*** Opening Input ***

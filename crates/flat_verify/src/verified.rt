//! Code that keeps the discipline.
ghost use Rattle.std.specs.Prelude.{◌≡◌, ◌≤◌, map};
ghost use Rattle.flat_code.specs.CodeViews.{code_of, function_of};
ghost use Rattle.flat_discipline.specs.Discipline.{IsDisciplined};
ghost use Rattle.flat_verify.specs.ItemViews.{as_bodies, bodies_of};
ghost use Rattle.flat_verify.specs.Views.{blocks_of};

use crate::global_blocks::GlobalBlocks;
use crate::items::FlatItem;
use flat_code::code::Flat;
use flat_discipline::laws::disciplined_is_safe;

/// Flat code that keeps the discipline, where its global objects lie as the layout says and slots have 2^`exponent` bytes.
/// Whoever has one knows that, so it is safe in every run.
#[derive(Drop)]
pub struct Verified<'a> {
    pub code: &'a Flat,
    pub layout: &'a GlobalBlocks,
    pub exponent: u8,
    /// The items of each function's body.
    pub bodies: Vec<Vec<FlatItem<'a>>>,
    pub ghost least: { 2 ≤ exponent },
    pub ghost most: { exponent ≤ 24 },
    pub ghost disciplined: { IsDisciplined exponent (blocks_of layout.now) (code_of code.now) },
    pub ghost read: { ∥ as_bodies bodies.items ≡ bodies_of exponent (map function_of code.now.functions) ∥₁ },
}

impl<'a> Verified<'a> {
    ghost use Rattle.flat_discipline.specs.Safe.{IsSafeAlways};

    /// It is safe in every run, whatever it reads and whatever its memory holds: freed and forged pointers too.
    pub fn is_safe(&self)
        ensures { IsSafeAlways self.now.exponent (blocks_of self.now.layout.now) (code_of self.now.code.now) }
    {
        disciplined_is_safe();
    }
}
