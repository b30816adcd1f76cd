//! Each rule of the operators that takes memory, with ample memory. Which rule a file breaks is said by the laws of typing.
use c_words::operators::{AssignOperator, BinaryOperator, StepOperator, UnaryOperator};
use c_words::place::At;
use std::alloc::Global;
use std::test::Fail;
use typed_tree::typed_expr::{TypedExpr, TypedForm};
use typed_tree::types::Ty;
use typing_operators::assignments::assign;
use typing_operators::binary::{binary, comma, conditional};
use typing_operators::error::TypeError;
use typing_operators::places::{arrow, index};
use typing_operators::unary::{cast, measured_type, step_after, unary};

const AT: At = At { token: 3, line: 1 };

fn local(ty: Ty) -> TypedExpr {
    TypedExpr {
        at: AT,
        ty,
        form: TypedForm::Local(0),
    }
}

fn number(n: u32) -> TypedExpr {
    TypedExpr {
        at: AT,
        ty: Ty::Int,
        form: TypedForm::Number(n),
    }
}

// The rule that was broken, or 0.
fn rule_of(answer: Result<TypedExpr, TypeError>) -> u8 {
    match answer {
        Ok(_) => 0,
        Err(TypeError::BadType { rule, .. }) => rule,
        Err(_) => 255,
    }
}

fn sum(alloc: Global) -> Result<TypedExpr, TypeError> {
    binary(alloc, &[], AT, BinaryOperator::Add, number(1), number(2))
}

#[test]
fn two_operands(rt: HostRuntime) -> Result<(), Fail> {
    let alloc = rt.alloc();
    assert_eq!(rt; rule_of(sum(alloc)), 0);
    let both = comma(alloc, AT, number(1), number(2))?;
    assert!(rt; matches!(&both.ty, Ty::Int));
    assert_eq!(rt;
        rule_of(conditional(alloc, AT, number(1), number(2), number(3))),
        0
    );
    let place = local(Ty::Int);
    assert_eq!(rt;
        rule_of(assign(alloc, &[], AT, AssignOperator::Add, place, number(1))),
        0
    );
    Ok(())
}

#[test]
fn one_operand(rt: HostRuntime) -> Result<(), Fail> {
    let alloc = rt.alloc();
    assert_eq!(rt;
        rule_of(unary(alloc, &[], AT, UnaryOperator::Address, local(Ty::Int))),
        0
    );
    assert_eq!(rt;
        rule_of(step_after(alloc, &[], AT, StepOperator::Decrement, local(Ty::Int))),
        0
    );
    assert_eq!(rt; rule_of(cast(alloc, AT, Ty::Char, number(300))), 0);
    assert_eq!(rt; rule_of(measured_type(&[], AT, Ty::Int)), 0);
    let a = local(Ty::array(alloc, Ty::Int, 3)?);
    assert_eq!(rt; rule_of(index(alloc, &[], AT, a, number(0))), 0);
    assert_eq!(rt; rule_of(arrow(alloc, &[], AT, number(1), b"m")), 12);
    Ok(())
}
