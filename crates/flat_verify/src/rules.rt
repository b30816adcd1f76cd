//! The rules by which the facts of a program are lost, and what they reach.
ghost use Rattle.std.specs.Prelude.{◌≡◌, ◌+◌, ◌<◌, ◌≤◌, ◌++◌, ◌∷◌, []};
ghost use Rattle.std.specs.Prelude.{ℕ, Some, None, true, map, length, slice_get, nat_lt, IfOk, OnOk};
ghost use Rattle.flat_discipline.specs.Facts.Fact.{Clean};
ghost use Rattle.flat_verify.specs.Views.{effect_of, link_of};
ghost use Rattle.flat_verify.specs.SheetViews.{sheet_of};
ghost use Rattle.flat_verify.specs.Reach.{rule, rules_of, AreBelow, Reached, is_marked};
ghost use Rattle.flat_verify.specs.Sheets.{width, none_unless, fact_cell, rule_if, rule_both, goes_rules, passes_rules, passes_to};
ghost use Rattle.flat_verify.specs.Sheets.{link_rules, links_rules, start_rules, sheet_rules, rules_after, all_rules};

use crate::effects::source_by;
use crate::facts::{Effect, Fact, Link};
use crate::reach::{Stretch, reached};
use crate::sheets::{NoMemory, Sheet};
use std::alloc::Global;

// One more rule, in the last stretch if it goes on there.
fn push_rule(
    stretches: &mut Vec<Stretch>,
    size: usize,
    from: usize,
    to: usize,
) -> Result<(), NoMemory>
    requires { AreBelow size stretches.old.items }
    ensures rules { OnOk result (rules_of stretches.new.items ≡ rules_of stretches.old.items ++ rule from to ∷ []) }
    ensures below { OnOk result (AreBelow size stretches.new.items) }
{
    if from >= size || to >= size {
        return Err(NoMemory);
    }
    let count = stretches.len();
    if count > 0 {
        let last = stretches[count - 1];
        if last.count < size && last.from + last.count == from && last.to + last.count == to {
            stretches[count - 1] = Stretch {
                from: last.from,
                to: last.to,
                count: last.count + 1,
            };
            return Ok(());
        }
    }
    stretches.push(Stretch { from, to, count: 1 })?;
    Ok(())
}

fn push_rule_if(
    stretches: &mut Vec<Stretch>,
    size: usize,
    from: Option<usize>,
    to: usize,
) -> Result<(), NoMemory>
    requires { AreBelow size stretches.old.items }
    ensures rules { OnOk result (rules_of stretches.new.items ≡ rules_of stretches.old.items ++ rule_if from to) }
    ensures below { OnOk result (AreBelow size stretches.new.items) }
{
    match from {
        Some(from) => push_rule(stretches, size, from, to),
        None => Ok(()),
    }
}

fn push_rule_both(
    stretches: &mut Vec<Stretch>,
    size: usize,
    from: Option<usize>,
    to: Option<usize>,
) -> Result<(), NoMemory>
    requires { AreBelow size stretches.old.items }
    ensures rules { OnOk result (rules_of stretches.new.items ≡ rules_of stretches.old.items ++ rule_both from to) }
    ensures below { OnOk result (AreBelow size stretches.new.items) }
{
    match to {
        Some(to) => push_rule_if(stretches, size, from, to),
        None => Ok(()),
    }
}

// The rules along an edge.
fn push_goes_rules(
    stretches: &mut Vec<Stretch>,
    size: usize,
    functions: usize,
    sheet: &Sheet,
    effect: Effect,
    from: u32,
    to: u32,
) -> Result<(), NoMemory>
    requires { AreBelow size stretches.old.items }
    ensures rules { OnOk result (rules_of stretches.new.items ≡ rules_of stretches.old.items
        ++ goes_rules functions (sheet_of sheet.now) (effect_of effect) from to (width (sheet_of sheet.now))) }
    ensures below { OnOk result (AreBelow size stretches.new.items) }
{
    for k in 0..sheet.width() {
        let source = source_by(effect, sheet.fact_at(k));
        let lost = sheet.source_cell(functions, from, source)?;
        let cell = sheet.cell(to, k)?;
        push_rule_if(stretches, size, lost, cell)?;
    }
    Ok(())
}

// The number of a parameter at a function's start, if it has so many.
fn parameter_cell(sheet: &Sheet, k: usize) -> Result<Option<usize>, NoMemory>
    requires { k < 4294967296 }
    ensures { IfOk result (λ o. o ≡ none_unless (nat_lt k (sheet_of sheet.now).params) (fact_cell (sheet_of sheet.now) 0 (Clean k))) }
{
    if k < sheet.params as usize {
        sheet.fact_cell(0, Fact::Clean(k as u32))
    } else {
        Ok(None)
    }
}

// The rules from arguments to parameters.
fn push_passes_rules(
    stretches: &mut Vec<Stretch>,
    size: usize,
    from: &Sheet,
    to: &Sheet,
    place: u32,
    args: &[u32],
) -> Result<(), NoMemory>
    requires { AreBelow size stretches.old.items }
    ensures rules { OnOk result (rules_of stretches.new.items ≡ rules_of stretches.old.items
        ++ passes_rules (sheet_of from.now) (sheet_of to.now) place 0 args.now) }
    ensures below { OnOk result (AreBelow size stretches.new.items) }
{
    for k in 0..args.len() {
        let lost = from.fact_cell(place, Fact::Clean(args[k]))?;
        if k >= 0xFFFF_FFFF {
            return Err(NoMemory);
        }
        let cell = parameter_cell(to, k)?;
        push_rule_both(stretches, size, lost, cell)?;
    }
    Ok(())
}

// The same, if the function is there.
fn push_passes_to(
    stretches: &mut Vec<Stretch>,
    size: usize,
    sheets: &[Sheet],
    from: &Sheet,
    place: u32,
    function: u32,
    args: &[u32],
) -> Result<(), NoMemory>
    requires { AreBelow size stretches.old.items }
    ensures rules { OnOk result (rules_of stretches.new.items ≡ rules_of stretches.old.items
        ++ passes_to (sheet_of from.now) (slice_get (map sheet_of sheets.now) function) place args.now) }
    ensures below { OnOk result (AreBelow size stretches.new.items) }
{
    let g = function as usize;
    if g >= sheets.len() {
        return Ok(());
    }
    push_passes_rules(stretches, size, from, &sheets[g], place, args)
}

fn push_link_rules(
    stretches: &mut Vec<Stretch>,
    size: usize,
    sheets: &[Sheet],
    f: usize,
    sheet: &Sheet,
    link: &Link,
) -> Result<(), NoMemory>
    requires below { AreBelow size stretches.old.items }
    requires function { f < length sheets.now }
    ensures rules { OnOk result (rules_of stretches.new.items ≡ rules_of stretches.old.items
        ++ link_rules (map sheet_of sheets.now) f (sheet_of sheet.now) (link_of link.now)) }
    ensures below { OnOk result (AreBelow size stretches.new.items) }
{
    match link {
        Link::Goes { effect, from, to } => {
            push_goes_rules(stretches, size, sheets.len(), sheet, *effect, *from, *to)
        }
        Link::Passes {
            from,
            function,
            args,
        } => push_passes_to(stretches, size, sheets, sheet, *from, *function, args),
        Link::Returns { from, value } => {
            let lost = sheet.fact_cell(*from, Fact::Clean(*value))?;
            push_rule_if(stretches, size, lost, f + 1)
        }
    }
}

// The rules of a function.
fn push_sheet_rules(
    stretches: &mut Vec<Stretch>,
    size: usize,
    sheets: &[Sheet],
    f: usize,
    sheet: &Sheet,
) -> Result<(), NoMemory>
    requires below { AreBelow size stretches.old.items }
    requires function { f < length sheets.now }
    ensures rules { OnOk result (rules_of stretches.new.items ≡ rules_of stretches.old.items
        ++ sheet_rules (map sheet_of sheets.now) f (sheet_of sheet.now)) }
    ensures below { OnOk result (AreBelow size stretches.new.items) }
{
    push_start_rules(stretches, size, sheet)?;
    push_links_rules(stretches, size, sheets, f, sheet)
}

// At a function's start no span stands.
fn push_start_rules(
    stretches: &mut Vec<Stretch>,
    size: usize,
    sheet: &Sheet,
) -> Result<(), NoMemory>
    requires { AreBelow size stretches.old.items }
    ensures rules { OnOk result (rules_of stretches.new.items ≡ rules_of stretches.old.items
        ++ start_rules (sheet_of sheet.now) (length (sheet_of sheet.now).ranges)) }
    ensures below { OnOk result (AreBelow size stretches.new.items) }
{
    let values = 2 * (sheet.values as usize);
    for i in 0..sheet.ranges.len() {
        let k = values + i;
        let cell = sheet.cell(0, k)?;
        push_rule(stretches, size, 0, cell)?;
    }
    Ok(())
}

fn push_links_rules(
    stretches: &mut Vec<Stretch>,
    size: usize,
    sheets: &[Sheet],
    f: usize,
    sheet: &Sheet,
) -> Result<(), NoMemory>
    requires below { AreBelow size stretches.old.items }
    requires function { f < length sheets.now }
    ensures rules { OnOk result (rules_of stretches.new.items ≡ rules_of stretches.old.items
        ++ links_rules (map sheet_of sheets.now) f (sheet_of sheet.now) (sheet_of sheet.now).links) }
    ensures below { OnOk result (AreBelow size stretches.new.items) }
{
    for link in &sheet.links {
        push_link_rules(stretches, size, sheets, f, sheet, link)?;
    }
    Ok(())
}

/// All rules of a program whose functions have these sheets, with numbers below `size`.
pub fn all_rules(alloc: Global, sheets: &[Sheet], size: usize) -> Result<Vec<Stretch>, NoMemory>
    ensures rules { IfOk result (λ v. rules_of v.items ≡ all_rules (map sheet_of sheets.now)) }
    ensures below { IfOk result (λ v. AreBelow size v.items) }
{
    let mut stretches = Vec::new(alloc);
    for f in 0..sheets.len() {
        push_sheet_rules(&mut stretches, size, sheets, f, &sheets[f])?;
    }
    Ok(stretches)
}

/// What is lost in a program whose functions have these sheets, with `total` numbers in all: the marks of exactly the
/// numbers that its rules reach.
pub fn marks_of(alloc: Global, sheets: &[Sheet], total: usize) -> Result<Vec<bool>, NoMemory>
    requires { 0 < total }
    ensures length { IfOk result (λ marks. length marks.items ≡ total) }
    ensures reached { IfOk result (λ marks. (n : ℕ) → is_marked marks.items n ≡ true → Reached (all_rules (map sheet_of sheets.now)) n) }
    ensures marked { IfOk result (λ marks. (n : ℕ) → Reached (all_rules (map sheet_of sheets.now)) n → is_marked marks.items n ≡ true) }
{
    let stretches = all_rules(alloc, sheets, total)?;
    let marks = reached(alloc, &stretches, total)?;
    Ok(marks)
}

*** Closing Input ***

#### [Task item]
In the entries above, find each line with the string "crates" and copy it.

#### [Exercise response]
filename crates/flat_verify/src/verified.rt
filename crates/flat_verify/src/rules.rt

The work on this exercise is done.